Ik kan nergens uit de tekst halen dat ze goed bevonden zijn.... ik zie alleen dat de specs waargemaakt worden. Zelfs dat zegt nog niet zo veel, wat er voor mij ontbreekt is dat hoe er gemeten is, volgens welke norm en met welke duur etc.....

Enne, vergeet niet dat je uit specs geen klank kan halen. Er zijn tal van versterkers die het prima doen op papier en die ik, vanwege de klank, links laat liggen.

----------


## MusicXtra

> Er zijn tal van versterkers die het prima doen op papier en die ik, vanwege de klank, links laat liggen.



En vice versa. :Wink:

----------


## e-sonic

Lijkt me een prima mogelijkheid om zo'n ding te laten komen,

is het niks dan stuur je de versterker terug, de verzendkosten zijn niet zo hoog   :Wink: 

groet jurjen

----------


## Ericsamandj

vanaf wanneer is deze leverbaar?

----------


## 4AC

Deze versterkers zijn te koop bij J&H, daar moet je dan ook wezen.

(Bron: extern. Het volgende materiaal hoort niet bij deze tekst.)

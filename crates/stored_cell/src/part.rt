// A snapshot that is to be stored.
ghost use Rattle.std.specs.Prelude.{◌≡◌, ◌+◌, All, Contains, IsTrue, length};
ghost use Rattle.stored_cell.specs.Noted.{GoesOn};

use crate::bases::Bases;
use crate::notes::Note;
use crate::viewed::had_at;
use delivery_machine::Snapshot;
use marks::{Mark, Naming};
use std::marker::Model;

/// A snapshot that is to be stored, under its own mark, with those that it goes on from, and whether no store of the topic was
/// confirmed. Contracts see all of these.
pub struct Part<J: Naming> {
    snapshot: Snapshot,
    mark: Mark<Note, J>,
    bases: Bases<J>,
    is_first: bool,
}

impl<J: Naming> Drop for Part<J> {
    fn drop(self) {
        let Part {
            snapshot: _,
            mark: _,
            bases: _,
            is_first: _,
        } = self;
    }
}

impl<J: Naming> Model for Part<J> {
    ghost use Rattle.std.specs.Prelude.{◌≡◌, All};
    ghost use Rattle.std.specs.Coded.{codes};
    ghost use Rattle.delivery_machine.specs.Codes.{coded_places, coded_counts};
    ghost use Rattle.stored_cell.specs.Noted.{ToStore, GoesOn};

    ghost Value = { ToStore };

    ghost coded = { Prim.hlevel (codes, coded_places, coded_counts) };

    ghost view = { λ p. record { kept = p.snapshot; bases = p.bases; is_first = p.is_first } };

    ghost invariant = { λ p. (p.mark.kept ≡ p.snapshot) × All (λ base. GoesOn base p.snapshot) p.bases };
}

impl<J: Naming> Part<J> {
    pub fn new(snapshot: Snapshot, mark: Mark<Note, J>, bases: Bases<J>, is_first: bool) -> Part<J>
        requires mark { mark.kept ≡ snapshot }
        requires bases { All (λ base. GoesOn base snapshot) bases }
        ensures { result ≡ record { kept = snapshot; bases = bases; is_first = is_first } }
    {
        Part {
            snapshot,
            mark,
            bases,
            is_first,
        }
    }

    pub fn snapshot(&self) -> &Snapshot
        ensures { result.now ≡ self.now.kept }
    {
        &self.snapshot
    }

    /// How many messages the topic had, those that are gone among them.
    pub fn length(&self) -> u64
        ensures { result ≡ self.now.kept.gone + length self.now.kept.log }
    {
        had_at(&self.snapshot)
    }

    /// The snapshot, with its own mark.
    pub fn into_parts(self) -> (Snapshot, Mark<Note, J>)
        ensures snapshot { result.0 ≡ self.kept }
        ensures mark { result.1.kept ≡ self.kept }
    {
        let Part {
            snapshot,
            mark,
            bases: _,
            is_first: _,
        } = self;
        (snapshot, mark)
    }

    /// Its own mark.
    pub fn mark(&self) -> Mark<Note, J>
        ensures { result.kept ≡ self.now.kept }
    {
        self.mark.again()
    }

    /// Whether no store of the topic was confirmed, so that it may be the first one.
    pub fn is_first(&self) -> bool
        ensures { result ≡ self.now.is_first }
    {
        self.is_first
    }

    /// Whether it goes on from the snapshot of this mark.
    pub fn goes_on_from(&self, mark: &Mark<Note, J>) -> bool
        ensures base { IsTrue result → Contains self.now.bases mark.now.kept }
        ensures goes_on { IsTrue result → GoesOn mark.now.kept self.now.kept }
    {
        self.bases.contain(mark)
    }
}
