// A topic whose messages go has no last line: its journal begins anew.
use super::broker::Broker;
use super::letters::{T, play};
use super::world::{Scene, asked, open_keeping, settle, sit, with_rows};
use delivery_machine::{KeptMessages, Reply, Retention};
use std::process::Abort;
use std::rt::Clock;
use std::sync::Wait;
use std::test::*;

/// A topic of one producer and one consumer.
const BEGUN: [&str; 2] = [
    "producer p -",
    "subscribe s Shared 0 push:1000 0 0 0 - Earliest",
];

pub(super) fn last<R: Abort>(rt: &R, count: u32) -> Retention {
    Retention::Messages(KeptMessages::new(count).expect(rt, "no number"))
}

pub(super) fn expect_number<R: Abort>(rt: &R, got: u64, want: u64) {
    assert_eq!(rt; got, want);
}

fn expect_published<R: Abort>(rt: &R, reply: &Reply) {
    assert!(rt; matches!(reply, Reply::Published { .. }));
}

/// So many messages of the moment, from the sequence number on.
pub(super) fn publish<D: Broker, R: Abort + AllocGlobal + Wait>(
    rt: &R,
    topics: &D,
    seat: &D::Seat,
    first: u64,
    count: u64,
    moment: u64,
) {
    for number in first..first.saturating_add(count) {
        let line = format!(in rt.alloc(); "publish 1 {number} - aGk= {moment}");
        let line = line.expect(rt, "no memory");
        let reply = asked(rt, topics, seat, line.as_str());
        expect_published(rt, &reply);
        drop(reply);
    }
}

fn gone_in(reply: &Reply) -> u64 {
    match reply {
        Reply::Stats { gone, .. } => *gone,
        _ => u64::MAX,
    }
}

/// So many messages are gone.
pub(super) fn check_gone<D: Broker, R: Abort + AllocGlobal + Wait>(
    rt: &R,
    topics: &D,
    seat: &D::Seat,
    want: u64,
) {
    let reply = asked(rt, topics, seat, "stats s");
    expect_number(rt, gone_in(&reply), want);
    drop(reply);
}

/// More messages come than a journal has lines: it begins anew once many are gone.
#[derive(Clone, Copy)]
struct Endless;

fn come_and_go<D: Broker, R: Abort + AllocGlobal + Wait + Clock>(
    rt: &R,
    topics: &D,
    seat: &D::Seat,
    first: u64,
) {
    publish(rt, topics, seat, first, 200, 1000);
    settle(rt, topics);
    play(rt, topics, seat, &["skip s 200"]);
    settle(rt, topics);
}

impl Scene for Endless {
    fn play<D: Broker, R: Abort + AllocGlobal + Wait + Clock>(&self, rt: &R, keeper: D::Rows) {
        let topics: D = open_keeping(rt, keeper, last(rt, 0));
        let seat = sit(rt, &topics, T);
        play(rt, &topics, &seat, &BEGUN);
        for turn in 0..11 {
            come_and_go(rt, &topics, &seat, turn * 200);
        }
        check_gone(rt, &topics, &seat, 2_176);
        topics.detach(rt, seat);
    }
}

#[test]
fn a_topic_that_trims_goes_on_beyond_a_journal(rt: HostRuntime) {
    with_rows(&rt, &Endless);
}
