// How a topic comes to be open: from what its rows keep, or with nothing in it.
ghost use Rattle.std.specs.Prelude.{◌≡◌, ◌⊎◌, ◌↔◌, true, false, None, Some, IfOk, IfErr, IfSome, MatchOption, Err};
ghost use Rattle.position_core.specs.declared.fault.Fault.TheVariants.{NoMemory, NoSuchSubscription};
ghost use Rattle.delivery_machine.specs.State.{fresh};
ghost use Rattle.delivery_machine.specs.Snapshot.{restarted};
ghost use Rattle.delivery_machine.specs.Places.{snapshot_in};
ghost use Rattle.topic_lives.specs.Deleting.{is_bare};
ghost use Rattle.stored_cell.specs.Opening.{begins, opened};

use crate::cell::StoredCell;
use crate::kept::Kept;
use delivery_machine::{Fault, Opened, Snapshot, TopicName};
use marks::Naming;
use position_core::LedgerSize;
use std::alloc::Global;
use topic_lives::is_bare;
use topic_shared::{Cell, LineLimit, SeatCount};

/// How large a topic's ledgers are, how long its journal may be, and how many may sit at it.
#[derive(Clone, Copy, Debug, PartialEq, Eq)]
pub struct Terms {
    pub ledger_size: LedgerSize,
    pub lines: LineLimit,
    pub seats: SeatCount,
}

/// A snapshot, with the proof that it stands in rows that were committed.
#[derive(Drop)]
pub struct Loaded<J: Naming> {
    pub snapshot: Snapshot,
    pub kept: Kept<J>,
}

/// A topic that nothing is known of.
fn fresh_cell<T: Opened + Drop, J: Naming>(
    alloc: Global,
    name: &TopicName,
    terms: Terms,
) -> Result<StoredCell<T, J>, Fault>
    ensures ok { IfOk result (λ cell. cell ≡ opened (fresh name.now terms.ledger_size) terms None) }
    ensures err { IfErr result (λ fault. fault ≡ NoMemory) }
{
    let Ok(name) = name.clone() else {
        return Err(Fault::NoMemory);
    };
    let topic = match T::fresh(alloc, name, terms.ledger_size) {
        Ok(topic) => topic,
        Err(fault) => return Err(fault),
    };
    match Cell::new(alloc, topic, terms.lines, terms.seats) {
        Ok(cell) => Ok(StoredCell::fresh(cell)),
        Err(fault) => Err(fault),
    }
}

/// A topic that goes on from the snapshot, with nobody there.
fn cell_from<T: Opened + Drop>(
    alloc: Global,
    snapshot: &Snapshot,
    terms: Terms,
) -> Result<Cell<T>, Fault>
    ensures ok { IfOk result (λ cell. cell ≡ begins (restarted (snapshot_in snapshot.now)) terms) }
    ensures err { IfErr result (λ fault. fault ≡ NoMemory) }
{
    match T::restart(alloc, snapshot) {
        Ok(topic) => Cell::new(alloc, topic, terms.lines, terms.seats),
        Err(fault) => Err(fault),
    }
}

/// A topic that goes on from what its rows keep. Refused (F1) for want of memory.
pub fn restarted_cell<T: Opened + Drop, J: Naming>(
    alloc: Global,
    loaded: Loaded<J>,
    terms: Terms,
) -> Result<StoredCell<T, J>, Fault>
    requires { loaded.kept.kept ≡ loaded.snapshot }
    ensures ok { IfOk result (λ cell. cell ≡ opened (restarted (snapshot_in loaded.snapshot)) terms (Some loaded.kept)) }
    ensures err { IfErr result (λ fault. fault ≡ NoMemory) }
{
    let Loaded { snapshot, kept } = loaded;
    match cell_from(alloc, &snapshot, terms) {
        Ok(cell) => {
            let opened = StoredCell::restarted(cell, &snapshot, kept);
            drop(snapshot);
            Ok(opened)
        }
        Err(fault) => {
            drop(snapshot);
            drop(kept);
            Err(fault)
        }
    }
}

/// Whether something is kept of the topic: a message, a subscription, or a rule of its own. It has none of these where it was
/// deleted.
fn is_something<J: Naming>(loaded: &Option<Loaded<J>>) -> bool
    ensures { (result ≡ false) ↔ IfSome loaded.now (λ l. is_bare (snapshot_in l.snapshot) ≡ true) }
{
    match loaded {
        Some(loaded) => !is_bare(&loaded.snapshot),
        None => false,
    }
}

/// The topic, from what was loaded of it, or, where nothing is kept of it and it is to be made, with nothing in it.
/// Refused (F11) where it is not to be made, and nothing is kept of it, or nothing is in what is kept, as where it was deleted;
/// (F1) for want of memory.
pub fn opened_cell<T: Opened + Drop, J: Naming>(
    alloc: Global,
    loaded: Option<Loaded<J>>,
    name: &TopicName,
    create: bool,
    terms: Terms,
) -> Result<StoredCell<T, J>, Fault>
    requires { IfSome loaded (λ l. l.kept.kept ≡ l.snapshot) }
    ensures opens { IfOk result (λ cell. MatchOption loaded (cell ≡ opened (fresh name.now terms.ledger_size) terms None) (λ l. cell ≡ opened (restarted (snapshot_in l.snapshot)) terms (Some l.kept))) }
    ensures word { IfOk result (λ cell. cell.by_word ≡ false) }
    ensures unknown { (result ≡ Err NoSuchSubscription) ↔ (create ≡ false) × IfSome loaded (λ l. is_bare (snapshot_in l.snapshot) ≡ true) }
    ensures faults { IfErr result (λ fault. (fault ≡ NoMemory) ⊎ (fault ≡ NoSuchSubscription)) }
{
    if !create && !is_something(&loaded) {
        drop(loaded);
        return Err(Fault::NoSuchSubscription);
    }
    match loaded {
        Some(loaded) => restarted_cell(alloc, loaded, terms),
        None => fresh_cell(alloc, name, terms),
    }
}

> De voorraadindicatie van dit Behringer product kan mogelijk afwijken van  de daadwerkelijke voorraad! Informeer hier naar door te klikken op "Ik  heb een vraag over dit product."




(klik erop)
Mvg,

Teun

----------


## Whitefarmer

zijn er al mensen die de amp gehoord hebben?

ook op de behringer site is er nog geen volledige '' manual'' te vinden.

http://www.behringer.com/EN/Products...0DSP.aspx#main

Wel kun je de dsp software al downloaden :Wink: .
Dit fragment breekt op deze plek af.